I. Provar que os ângulos C e D são congruentes;

II. Provar que o quinto postulado equivale com a hipótese do ângulo reto e

III. Provar que o fato dos ângulos C e D serem agudos ou obtusos entra

em contradição com uma das 28 primeiras proposições dos Elementos

de Euclides.

Inicialmente, Saccheri demonstrou que os ângulos C e D são congruentes usando a

propriedade de congruência entre triângulos. Em seguida, demonstrou que a

hipótese do ângulo obtuso era falsa, assumindo, como Euclides, que a reta é infinita.

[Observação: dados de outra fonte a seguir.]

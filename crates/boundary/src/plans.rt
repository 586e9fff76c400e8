// The calls over a settled evening: build, fill and ask.
ghost use Rattle.std.specs.Prelude.{◌≡◌, length};
ghost use Rattle.rules.specs.Calls.{build, build_listing, fill_verdict, fill_values, ask, wiped, built_numbers, asked_numbers};
ghost use Rattle.boundary.specs.Answers.{told, plain_numbers, held_as};

use crate::answer::{Answer, accepted, nothing_else, refused};
use crate::desk::{LentBook, held_as};
use builder::ask::ask;
use builder::build::build;
use builder::fill::fill;

/// Builds, and prints the listing into a lent buffer; also returns the rounds and the bytes. The work buffer is all zero
/// afterwards.
#[tactic(auto, unfolding(crate::specs::Answers::told, crate::specs::Answers::accepted, crate::specs::Answers::refused, rules::specs::Calls::built_numbers, rules::specs::Calls::numbers, rules::specs::Calls::returned))]
#[unsafe(no_mangle)]
pub extern "C" fn choptimber_build(
    n: usize,
    table: &[i32],
    book: &LentBook,
    work: &mut [i32],
    out: &mut [u8],
) -> Answer
    ensures is { result ≡ told (built_numbers (build n table.now (held_as book.now) (length work.old) (length out.old))) }
    ensures listing { out.new ≡ build_listing n table.now (held_as book.now) (length work.old) out.old }
    ensures wiped { work.new ≡ wiped work.old }
{
    match build(n, table, &held_as(book), work, out) {
        Ok(built) => accepted(built.rounds, built.bytes),
        Err(why) => refused(why),
    }
}

/// Fills in all variables from values for the free ones. The work buffer is all zero afterwards.
#[unsafe(no_mangle)]
pub extern "C" fn choptimber_fill(
    n: usize,
    table: &[i32],
    book: &LentBook,
    work: &mut [i32],
    given: &[u8],
    values: &mut [u8],
) -> Answer
    ensures is { result ≡ told (plain_numbers (fill_verdict n table.now (held_as book.now) (length work.old) given.now (length values.old))) }
    ensures values { values.new ≡ fill_values n table.now (held_as book.now) (length work.old) given.now values.old }
    ensures wiped { work.new ≡ wiped work.old }
{
    nothing_else(fill(n, table, &held_as(book), work, given, values))
}

/// Asks for one variable; also returns its value. The work buffer is all zero afterwards.
#[tactic(auto, unfolding(crate::specs::Answers::told, crate::specs::Answers::accepted, crate::specs::Answers::refused, rules::specs::Calls::asked_numbers, rules::specs::Calls::numbers, rules::specs::Calls::returned, rules::specs::Fill::bit))]
#[unsafe(no_mangle)]
pub extern "C" fn choptimber_ask(
    n: usize,
    table: &[i32],
    book: &LentBook,
    work: &mut [i32],
    given: &[u8],
    variable: usize,
) -> Answer
    ensures is { result ≡ told (asked_numbers (ask n table.now (held_as book.now) (length work.old) given.now variable)) }
    ensures wiped { work.new ≡ wiped work.old }
{
    match ask(n, table, &held_as(book), work, given, variable) {
        Ok(value) => accepted(usize::from(value), 0),
        Err(why) => refused(why),
    }
}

Saccheri também provou a equivalência entre o quinto postulado e a hipótese do

ângulo reto. Entretanto, ao procurar uma contradição para a hipótese do ângulo

agudo, provou uma série de resultados coerentes com todos os postulados da

Geometria Euclidiana, exceto o quinto.

Saccheri tentou uma segunda prova para encontrar uma contradição na hipótese do

ângulo agudo, mas novamente não obteve sucesso. Se ele percebesse que não

havia contradição para ser encontrada, a descoberta da nova geometria teria

ocorrido quase um século antes.

Em seu trabalho, mostrou possuir um grande conhecimento em lógica e percepção

geométrica, mas mesmo com todos os resultado obtidos, não acreditou na

existência de uma nova geometria, devido até a influência religiosa da época.

Apesar disso, muito contribuiu para o desenvolvimento da Geometria não Euclidiana.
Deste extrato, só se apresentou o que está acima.